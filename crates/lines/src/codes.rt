// The kinds that numbers stand for; a number that stands for none is out of range. Each type lists its own kinds.
ghost use Rattle.lines.specs.Records.{Decodes, action_code, connection_code, trigger_code, opcode_number, class_code, picker_code, queue_code};

use crate::records::{
    ActionKind, ConnectionKind, Opcode, PickerKind, QueueKind, ReadingClass, TriggerKind,
};
use refusals::Refusal;

impl TryFrom<u64> for ActionKind {
    type Error = Refusal;

    ghost try_from_gives = { Decodes action_code };

    fn try_from(code: u64) -> Result<Self, Refusal> {
        match code {
            0 => Ok(ActionKind::Logical),
            1 => Ok(ActionKind::Physical),
            _ => Err(Refusal::OutOfRange),
        }
    }
}

impl TryFrom<u64> for ConnectionKind {
    type Error = Refusal;

    ghost try_from_gives = { Decodes connection_code };

    fn try_from(code: u64) -> Result<Self, Refusal> {
        match code {
            0 => Ok(ConnectionKind::Undelayed),
            1 => Ok(ConnectionKind::Delayed),
            _ => Err(Refusal::OutOfRange),
        }
    }
}

impl TryFrom<u64> for TriggerKind {
    type Error = Refusal;

    ghost try_from_gives = { Decodes trigger_code };

    fn try_from(code: u64) -> Result<Self, Refusal> {
        match code {
            0 => Ok(TriggerKind::Input),
            1 => Ok(TriggerKind::Timer),
            2 => Ok(TriggerKind::Action),
            3 => Ok(TriggerKind::ReadInput),
            _ => Err(Refusal::OutOfRange),
        }
    }
}

impl TryFrom<u64> for Opcode {
    type Error = Refusal;

    ghost try_from_gives = { Decodes opcode_number };

    fn try_from(code: u64) -> Result<Self, Refusal> {
        match code {
            0 => Ok(Opcode::End),
            1 => Ok(Opcode::Put),
            2 => Ok(Opcode::Add),
            3 => Ok(Opcode::Subtract),
            4 => Ok(Opcode::Read),
            5 => Ok(Opcode::Present),
            6 => Ok(Opcode::JumpIfZero),
            7 => Ok(Opcode::JumpIfLess),
            8 => Ok(Opcode::Set),
            9 => Ok(Opcode::Schedule),
            _ => Err(Refusal::OutOfRange),
        }
    }
}

impl TryFrom<u64> for ReadingClass {
    type Error = Refusal;

    ghost try_from_gives = { Decodes class_code };

    fn try_from(code: u64) -> Result<Self, Refusal> {
        match code {
            0 => Ok(ReadingClass::Absent),
            1 => Ok(ReadingClass::AtMostZero),
            2 => Ok(ReadingClass::AboveZero),
            _ => Err(Refusal::OutOfRange),
        }
    }
}

impl TryFrom<u64> for PickerKind {
    type Error = Refusal;

    ghost try_from_gives = { Decodes picker_code };

    fn try_from(code: u64) -> Result<Self, Refusal> {
        match code {
            0 => Ok(PickerKind::Level),
            1 => Ok(PickerKind::Turn),
            _ => Err(Refusal::OutOfRange),
        }
    }
}

impl TryFrom<u64> for QueueKind {
    type Error = Refusal;

    ghost try_from_gives = { Decodes queue_code };

    fn try_from(code: u64) -> Result<Self, Refusal> {
        match code {
            0 => Ok(QueueKind::Heap),
            1 => Ok(QueueKind::List),
            _ => Err(Refusal::OutOfRange),
        }
    }
}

────────

## ASSIGNED TASK
Each line that holds the word "ReadingClass" should be extracted from the records.

## SOLVED EXERCISE
    ActionKind, ConnectionKind, Opcode, PickerKind, QueueKind, ReadingClass, TriggerKind,
impl TryFrom<u64> for ReadingClass {
            0 => Ok(ReadingClass::Absent),
            1 => Ok(ReadingClass::AtMostZero),
            2 => Ok(ReadingClass::AboveZero),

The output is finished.